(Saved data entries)
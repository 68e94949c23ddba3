//! A logger at work.
ghost use Rattle.std.specs.Prelude.{◌≡◌, false, IfSome};
ghost use Rattle.std.specs.Option.{ForSome};

use crate::appender::Appender;
use crate::outcome::Written;
use crate::pace::Pace;
use crate::progress::RunProgress;
use board::ClockSeat;
use book::Engine;
use lane_logger::LoggedRun;
use log_disk::Disk;
use logger::Logger;
use std::sync::Wait;

/// A logger, with how it waits between its turns, and the clock, if it has that.
#[derive(Drop)]
pub(crate) struct Writer<K: LoggedRun, D: Disk, P: Pace> {
    pub(crate) appender: Appender<K, D>,
    pub(crate) clock: Option<ClockSeat>,
    pub(crate) pace: P,
    ghost clocked: { ForSome clock (λ seat. seat.board ≡ K.run.board) },
}

impl<K: LoggedRun, D: Disk, P: Pace + Drop> Writer<K, D, P> {
    ghost use Rattle.std.specs.Prelude.{◌≡◌, false, IfSome};
    ghost use Rattle.lane_logger.specs.Found.{IsFoundIn};

    /// A logger that has taken nothing yet.
    pub(crate) fn new(
        engine: &Engine<K>,
        logger: Logger<D>,
        pace: P,
        clock: Option<ClockSeat>,
    ) -> Writer<K, D, P>
        requires logger { IsFoundIn K.run.board K.found D.is_modelled D.seen D.story logger }
        requires clock { IfSome clock (λ seat. seat.board ≡ K.run.board) }
        ensures logger { result.appender.logger.logger ≡ logger }
        ensures clock { result.clock ≡ clock }
    {
        Writer {
            appender: Appender::new(engine, logger),
            clock,
            pace,
        }
    }

    /// Takes turns until the terminals have ended.
    pub(crate) fn serve<R: Wait>(&mut self, rt: &R, engine: &Engine<K>, progress: &RunProgress) {
        for _ in rt.forever() {
            if progress.has_ended() {
                break;
            }
            let signals = self.turn(rt, engine, progress);
            self.pace.pause(progress, signals);
        }
    }

    /// One turn: the clock's advances E first, so that the mark of the take is the epoch before. Answers how many
    /// signals there were before the take: an advance that comes later, and that the take may have missed, is one
    /// more.
    fn turn<R: Wait>(&mut self, rt: &R, engine: &Engine<K>, progress: &RunProgress) -> u64
        ensures { self.new.appender.has_stopped ≡ false → self.new.appender.logger.logger.file.failed ≡ false }
    {
        self.advance(engine, progress);
        let signals = progress.signals();
        self.appender.turn(rt, engine, progress);
        signals
    }

    /// Advances E, if this logger has the clock. In the last epoch E stays.
    fn advance(&mut self, engine: &Engine<K>, progress: &RunProgress) {
        if let Some(clock) = &mut self.clock {
            if let Ok(epoch) = engine.board().advance(clock) {
                progress.note_epoch(epoch);
            }
        }
    }

    /// Takes the last turn of the run.
    pub(crate) fn last_turn<R: Wait>(
        self,
        rt: &R,
        engine: &Engine<K>,
        progress: &RunProgress,
    ) -> Turned<K, D, P> {
        let mut writer = self;
        writer.turn(rt, engine, progress);
        let Writer {
            appender,
            clock: _,
            pace,
        } = writer;
        Turned { appender, pace }
    }
}

/// A logger that has taken its last turn of a run.
#[derive(Drop)]
pub(crate) struct Turned<K: LoggedRun, D: Disk, P: Pace> {
    appender: Appender<K, D>,
    pace: P,
    ghost told: { appender.has_stopped ≡ false → appender.logger.logger.file.failed ≡ false },
}

impl<K: LoggedRun, D: Disk, P: Pace + Drop> Turned<K, D, P> {
    /// Whether it had no memory for what it was to append.
    pub(crate) fn waits(&self) -> bool {
        self.appender.waits()
    }

    /// What waits, for want of memory, is tried once more, and then what was committed since: memory may have been
    /// given back.
    pub(crate) fn retry<R: Wait>(&mut self, rt: &R, engine: &Engine<K>, progress: &RunProgress) {
        if self.waits() {
            self.appender.turn(rt, engine, progress);
        }
    }

    /// Ends the logger. Its pace ends once the terminals have acknowledged what is durable then.
    pub(crate) fn end(self) -> (Written<D>, P) {
        let Turned { appender, pace } = self;
        (appender.end(), pace)
    }
}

YOUR OBJECTIVE:
Look through the entries above and count each line holding "Rattle"; report the count alone.

REPLY TO THE TASK:
4